**Exercise**: Starting with the first line of the records, write out each line exactly until you have included the line containing "(P.refusals finder.old) (P.refusals finder.new) seat.old".

**Given records**:
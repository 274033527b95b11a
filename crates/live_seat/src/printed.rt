ghost use Rattle.std.specs.Prelude.{◌≡◌, ◌++◌, ◌∷◌, [], IfErr, OnErr, OnOk, length, map};
ghost use Rattle.answer_lines.specs.Printed.{printed_answer};
ghost use Rattle.answer_lines.specs.declared.answer.Answer.TheVariants.{Decided};
ghost use Rattle.decision.specs.Decisions.{IsJudgedWith, RefusedIn};
ghost use Rattle.decision.specs.Programs.{Suits};
ghost use Rattle.effect_fold.specs.declared.verdict.Verdict as verdict_type;
ghost use Rattle.live_seat.specs.Decided.{IsPrintedAt, IsStoppedAt};
ghost use Rattle.matcher_meaning.specs.Verdicts.{IsJudged};
ghost use Rattle.perm_value.specs.Seen.{datum};
ghost use Rattle.policy_state.specs.States.{tables};
ghost use Rattle.regex_gate.specs.Refusals.{IsRefused, IsUsed};
ghost use Rattle.session_meaning.specs.Replies.{rule_of};

use crate::answered::SeatStop;
use crate::loan::end_loan;
use answer_lines::WaitingAnswers;
use core::mem::replace_with;
use decision::{Program, Scratch, decide};
use desk_session::named_rule;
use live_pair::{Naming, Seat};
use matcher_meaning::order_of_rows_is_one;
use outside::NoMemory;
use perm_value::Request;
use policy_state::PolicyState;
use regex_gate::Finder;

/// What `explain_seat` answers, as it is printed behind other replies: the rule is printed within the entry, and not copied. Where
/// nothing is answered the replies are as they were.
pub fn print_seat<J: Naming, P: Finder>(
    seat: &mut Seat<J>,
    program: &Program,
    request: &Request,
    finder: &mut P,
    scratch: &mut Scratch,
    replies: &mut WaitingAnswers,
) -> Result<(), SeatStop>
    requires takes { length request.now ≡ length program.now.request }
    requires suits { Suits program.now J.shapes }
    ensures printed { OnOk result (IsPrintedAt program.now J.shapes J.opening
        (map datum request.now) (P.refusals finder.old) (P.refusals finder.new)
        seat.old seat.new replies.old replies.new) }
    ensures stopped { IfErr result (IsStoppedAt
        (P.refusals finder.old) (P.refusals finder.new) seat.old seat.new) }
    ensures same { OnErr result (replies.new ≡ replies.old) }
    ensures used { IsUsed (P.refusals finder.old) (P.refusals finder.new) }
{
    let (printed, (replies, finder)) = replace_with(
        seat,
        (replies, finder),
        |seat: Seat<J>, lent: (&mut WaitingAnswers, &mut P)|
            requires { (length request.now ≡ length program.now.request)
                × Suits program.now J.shapes }
        {
            let (replies, finder) = lent;
            let (seat, printed) = printed_inside(seat, program, request, finder, scratch, replies);
            (seat, (printed, (replies, finder)))
        },
    );
    end_loan(replies);
    end_loan(finder);
    printed
}

// The same, and the seat as it is afterwards.
fn printed_inside<J: Naming, P: Finder>(
    seat: Seat<J>,
    program: &Program,
    request: &Request,
    finder: &mut P,
    scratch: &mut Scratch,
    replies: &mut WaitingAnswers,
) -> (Seat<J>, Result<(), SeatStop>)
    requires takes { length request.now ≡ length program.now.request }
    requires suits { Suits program.now J.shapes }
    ensures printed { OnOk result.1 (IsPrintedAt program.now J.shapes J.opening
        (map datum request.now) (P.refusals finder.old) (P.refusals finder.new)
        seat result.0 replies.old replies.new) }
    ensures stopped { IfErr result.1 (IsStoppedAt
        (P.refusals finder.old) (P.refusals finder.new) seat result.0) }
    ensures same { OnErr result.1 (replies.new ≡ replies.old) }
    ensures used { IsUsed (P.refusals finder.old) (P.refusals finder.new) }
{
    let entered = match seat.enter() {
        Ok(entered) => entered,
        Err(shut) => return (shut.seat, Err(SeatStop::Shut)),
    };
    let version = entered.version();
    let state = entered.state();
    let printed = judged_printed(version, state, program, request, finder, scratch, replies);
    let seat = entered.leave();
    match printed {
        Ok(()) => (seat, Ok(())),
        Err(_) => (seat, Err(SeatStop::NoMemory)),
    }
}

// The verdict on a request over a policy, printed behind other replies with this version and the rule of the row that it names.
fn judged_printed<P: Finder>(
    version: u32,
    state: &PolicyState,
    program: &Program,
    request: &Request,
    finder: &mut P,
    scratch: &mut Scratch,
    replies: &mut WaitingAnswers,
) -> Result<(), NoMemory>
    requires takes { length request.now ≡ length program.now.request }
    requires suits { Suits program.now state.now.shapes }
    ensures judged { OnOk result ((verdict : verdict_type.Verdict)
        × IsJudged program.now state.now.shapes (tables state.now) (map datum request.now)
        (IsRefused (P.refusals finder.old) (P.refusals finder.new)) verdict
        × IsJudgedWith program.now state.now.shapes (tables state.now) (map datum request.now)
        (RefusedIn program.now.effect (P.refusals finder.old) (P.refusals finder.new)) verdict
        × (replies.new ≡ replies.old ++ printed_answer (Decided version verdict
        (rule_of (tables state.now) verdict)) ∷ [])) }
    ensures same { OnErr result (replies.new ≡ replies.old) }
    ensures used { IsUsed (P.refusals finder.old) (P.refusals finder.new) }
{
    order_of_rows_is_one();
    let verdict = decide(program, state, request, finder, scratch)?;
    let rule = named_rule(state, verdict);
    replies.push_verdict(version, verdict, rule)?;
    Ok(())
}
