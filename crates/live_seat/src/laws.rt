ghost use Rattle.std.specs.Prelude.{◌≡◌, [], List};
ghost use mathlib.Core.List.{IsPrefix};
ghost use Rattle.answer_cache.specs.Cached.{Cached, entries_of};
ghost use Rattle.answer_cache.specs.Good.{AreJudged};
ghost use Rattle.live_pair.specs.Story.{edits_in};
ghost use Rattle.live_seat.specs.Caches.{ServesAt};
ghost use Rattle.model_conf.specs.ModelText.{ModelParts};
ghost use Rattle.perm_base.specs.declared.shapes.Shapes.{Shapes};
ghost use Rattle.policy_state.specs.States.{StandsFor, State, tables};
ghost use Rattle.policy_table.specs.Tables.{Policy};
ghost use Rattle.policy_table.specs.declared.change.Change.{Change};
ghost use Rattle.version_log.specs.Log.{versions};

/// The law of a cache beside seats: one without verdicts serves each seat; one that serves a seat serves it where it knows of
/// more publishes, by an entry or by learning of them; and one that was asked over a policy that stands for the edits of publishes
/// serves a seat that knows of these.
pub fn caches_serve_seats()
    ensures empty { (model : ModelParts) (shapes : Shapes) (opening : Policy)
        (front : List (List (List Change))) (cache : Cached)
        → cache.entries ≡ [] → ServesAt model shapes opening front cache }
    ensures longer { (model : ModelParts) (shapes : Shapes) (opening : Policy)
        (before now : List (List (List Change))) (cache : Cached)
        → IsPrefix before now
        → ServesAt model shapes opening before cache
        → ServesAt model shapes opening now cache }
    ensures asked { (model : ModelParts) (opening : Policy)
        (front : List (List (List Change))) (state : State) (cache : Cached)
        → StandsFor state opening (edits_in front)
        → cache.version ≡ versions state.log
        → AreJudged model state.shapes (tables state) (entries_of cache)
        → ServesAt model state.shapes opening front cache }
{}
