ghost use Rattle.std.specs.Prelude.{◌≡◌};

/// Does nothing, but this use of a reference that was handed through a call ties it, for proofs, to the one that was lent.
pub(crate) fn end_loan<T>(lent: &mut T)
    ensures { lent.new ≡ lent.old }
{}
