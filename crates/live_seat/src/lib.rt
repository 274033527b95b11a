//! Requests that are decided at a seat of a pair, by one entry each.
#![tactic(auto)]

mod answered;
mod cached;
mod decided;
mod explained;
mod laws;
mod loan;
mod printed;

pub use answered::{Answered, SeatAnswer, SeatStop};
pub use cached::decide_seat_cached;
pub use decided::decide_seat;
pub use explained::explain_seat;
pub use laws::caches_serve_seats;
pub use printed::print_seat;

**Solution to the problem**:
repository 274033527b95b11a
filename crates/live_seat/src/printed.rt
ghost use Rattle.std.specs.Prelude.{◌≡◌, ◌++◌, ◌∷◌, [], IfErr, OnErr, OnOk, length, map};
ghost use Rattle.answer_lines.specs.Printed.{printed_answer};
ghost use Rattle.answer_lines.specs.declared.answer.Answer.TheVariants.{Decided};
ghost use Rattle.decision.specs.Decisions.{IsJudgedWith, RefusedIn};
ghost use Rattle.decision.specs.Programs.{Suits};
ghost use Rattle.effect_fold.specs.declared.verdict.Verdict as verdict_type;
ghost use Rattle.live_seat.specs.Decided.{IsPrintedAt, IsStoppedAt};
ghost use Rattle.matcher_meaning.specs.Verdicts.{IsJudged};
ghost use Rattle.perm_value.specs.Seen.{datum};
ghost use Rattle.policy_state.specs.States.{tables};
ghost use Rattle.regex_gate.specs.Refusals.{IsRefused, IsUsed};
ghost use Rattle.session_meaning.specs.Replies.{rule_of};

use crate::answered::SeatStop;
use crate::loan::end_loan;
use answer_lines::WaitingAnswers;
use core::mem::replace_with;
use decision::{Program, Scratch, decide};
use desk_session::named_rule;
use live_pair::{Naming, Seat};
use matcher_meaning::order_of_rows_is_one;
use outside::NoMemory;
use perm_value::Request;
use policy_state::PolicyState;
use regex_gate::Finder;

/// What `explain_seat` answers, as it is printed behind other replies: the rule is printed within the entry, and not copied. Where
/// nothing is answered the replies are as they were.
pub fn print_seat<J: Naming, P: Finder>(
    seat: &mut Seat<J>,
    program: &Program,
    request: &Request,
    finder: &mut P,
    scratch: &mut Scratch,
    replies: &mut WaitingAnswers,
) -> Result<(), SeatStop>
    requires takes { length request.now ≡ length program.now.request }
    requires suits { Suits program.now J.shapes }
    ensures printed { OnOk result (IsPrintedAt program.now J.shapes J.opening
        (map datum request.now) (P.refusals finder.old) (P.refusals finder.new)
        seat.old seat.new replies.old replies.new) }
    ensures stopped { IfErr result (IsStoppedAt
        (P.refusals finder.old) (P.refusals finder.new) seat.old seat.new) }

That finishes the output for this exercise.